Ah, I think you have to merge your 4 variable z,w,xi,eta into one column vector, to match your differential equations, such that you get something like this:
y = [z;dzdt;w;dwdt;xi;dxidt;eta;detadt];
% Then modify the definition of ode_coupled_chain to accept the vector y
% instead of z, w, xi, eta:
dy = ode_coupled_chain(t,y,alpha,lambda)
In ode_coupled_chain.m you can extract the variable you need:
function dy = ode_coupled_chain(t,y,alpha,lambda)
z = y(1:8:end);
dzdt = y(2:8:end);
w = y(3:8:end);
dwdt = y(4:8:end);
% etc...
% and then your ode-definitions - you still need the loops I think to
% get the derivatives for all your chain-links? you should have something like
% (4*2)*N components in dy.
end
After that you have to set the initial conditions component by component, whatever they are,
select values for alpha and lambda, and solve away:
N = 20;
y0 = randn(8*N,1);
alpha = 1;
lambda = 0.3;
t_span = [0,10];
[T,Y] = ode45(@(t,y) dy = ode_coupled_chain(t,y,alpha,lambda),t_span,y0);
HTH
Thank you very much!
If I do this,z(),w(),xi(),eta() varibles in ode_coupled_chain of all equations should be modified to y() form,right?

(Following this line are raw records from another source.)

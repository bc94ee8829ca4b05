ghost use Rattle.std.specs.Prelude.{◌≡◌};

use crate::stream_fault::StreamFault;
use buffered_io::Stop;
use frame_rule::FaultKind;
use relay_words::UsageKind;
use std::fmt;

/// How a run ended. Where several hold, it is the first of `Usage`, `NotOpened`, `Memory`, `Source`, `Limit`, `Stream`
/// and `Report`.
#[derive(Clone, Copy, Debug, PartialEq, Eq)]
pub enum Status {
    /// None of the others.
    Fine,
    /// The words aren't in the grammar: the index of the first bad one, and why it is bad.
    Usage { word: u32, kind: UsageKind },
    /// What was read has a fault: the offset of the first, in bytes, and its kind.
    Stream { at: u64, kind: FaultKind },
    /// Reading failed.
    Source,
    /// An opening failed: its number, which is 0 for the input.
    NotOpened { nth: u32 },
    /// More bytes were there than the limit.
    Limit,
    /// Memory was refused.
    Memory,
    /// Writing the report failed.
    Report,
}

impl Status {
    ghost use Rattle.relay_app.specs.Statuses.{number_of};
    ghost use Rattle.relay_app.specs.Cutting.{status_at};
    ghost use Rattle.relay_app.specs.Reports.{report_status};

    // The status of a run whose reading stopped so: the first fault in what was read, or what comes behind that.
    pub(crate) fn at_stop(stop: Stop, fault: Option<StreamFault>, next: Status) -> Status
        ensures { result ≡ status_at stop fault next }
    {
        match (stop, fault) {
            (Stop::Failure, _) => Status::Source,
            (Stop::Limit, _) => Status::Limit,
            (Stop::End, Some(StreamFault { at, kind })) => Status::Stream { at, kind },
            (Stop::End, None) => next,
        }
    }

    // The last status of all: whether the report failed.
    pub(crate) fn of_report(failed: bool) -> Status
        ensures { result ≡ report_status failed }
    {
        if failed { Status::Report } else { Status::Fine }
    }

    /// The number with which the program ends.
    pub fn number(&self) -> u8
        ensures { result ≡ number_of self.now }
    {
        match self {
            Status::Fine => 0,
            Status::Usage { .. } => 2,
            Status::Stream { .. } => 3,
            Status::Source => 4,
            Status::NotOpened { .. } => 6,
            Status::Limit => 7,
            Status::Memory => 8,
            Status::Report => 10,
        }
    }
}

/// The line that the program writes to standard error, without its end. It is empty for `Fine`.
impl fmt::Display for Status {
    fn fmt<W: fmt::Write>(&self, f: &mut fmt::Formatter<W>) -> fmt::Result {
        match self {
            Status::Fine => Ok(()),
            Status::Usage { word, kind } => write!(f, "usage {word} {kind:?}"),
            Status::Stream { at, kind } => write!(f, "stream {at} {kind:?}"),
            Status::Source => write!(f, "source"),
            Status::NotOpened { nth } => write!(f, "not opened {nth}"),
            Status::Limit => write!(f, "limit"),
            Status::Memory => write!(f, "memory"),
            Status::Report => write!(f, "report"),
        }
    }
}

Well you can do that, but in my personal experience, that is just too large risk for typos and misspellings in the the ode-expressions. Yours would be rather challenging for me to type into code correctly. So my advice, just for simplicity of writing the code and read it (manually for checking, verification and debugging purposes) is just to extract the z, w eta and xi components from the y-vector, as I outlined above:
function dy = ode_coupled_chain(t,y,alpha,lambda)
z = y(1:8:end);
dzdt = y(2:8:end);
w = y(3:8:end);
dwdt = y(4:8:end);
xi = y(5:8:end);
dxidt = y(6:8:end);
eta = y(7:8:end);
detadt = y(8:8:end);
By defining those variables with names that way, you get to write the long expressions for the second derivatives with the same variable-names as you have in the images you attached. If that doesn't kill the performance of the ODE-integration it is, at least to me, a price well worth paying - you at least have a fighting chance to read the code correctly, with plain indexing of y, that seems impossible.
HTH
Thank you very much!
Sorry to disturb you again,I have modified code in your way,but there are some problems.Warning the array index must be a positive integer or a logical value.I think it's right in my code,the index is positive.My code have upload in the attachment.
Looking forward to your suggestions
It seems to me that you would still have to loop inside the ode_coupled_chain-function. The way I interpret your code is that you have 4 2nd-order ODEs for each of your 20 nodes. That would give you ~8*20 ODEs to integrate, and you only set i to 1. The thing is that the first (and last?) chain-link will be different since it(they) most likely will be fixed in some way. So my guess is that the equations for chain-link-position for the first (and last) will be fixed (or moving in some prescribed way). To model that you have to treat those equations differently and then loop over i from 2 to 19.
In situations like these when things don't go as you plan you have to learn to use matlab's debug feature. At the matlab-prompt type:
dbstop if error
Then rerun your code, when it fails it will stop excecusion at the point of error and give you a prompt at that place in the call-stack so that you can inspect variables and jump up and down the call-stack and check where things go kaboom.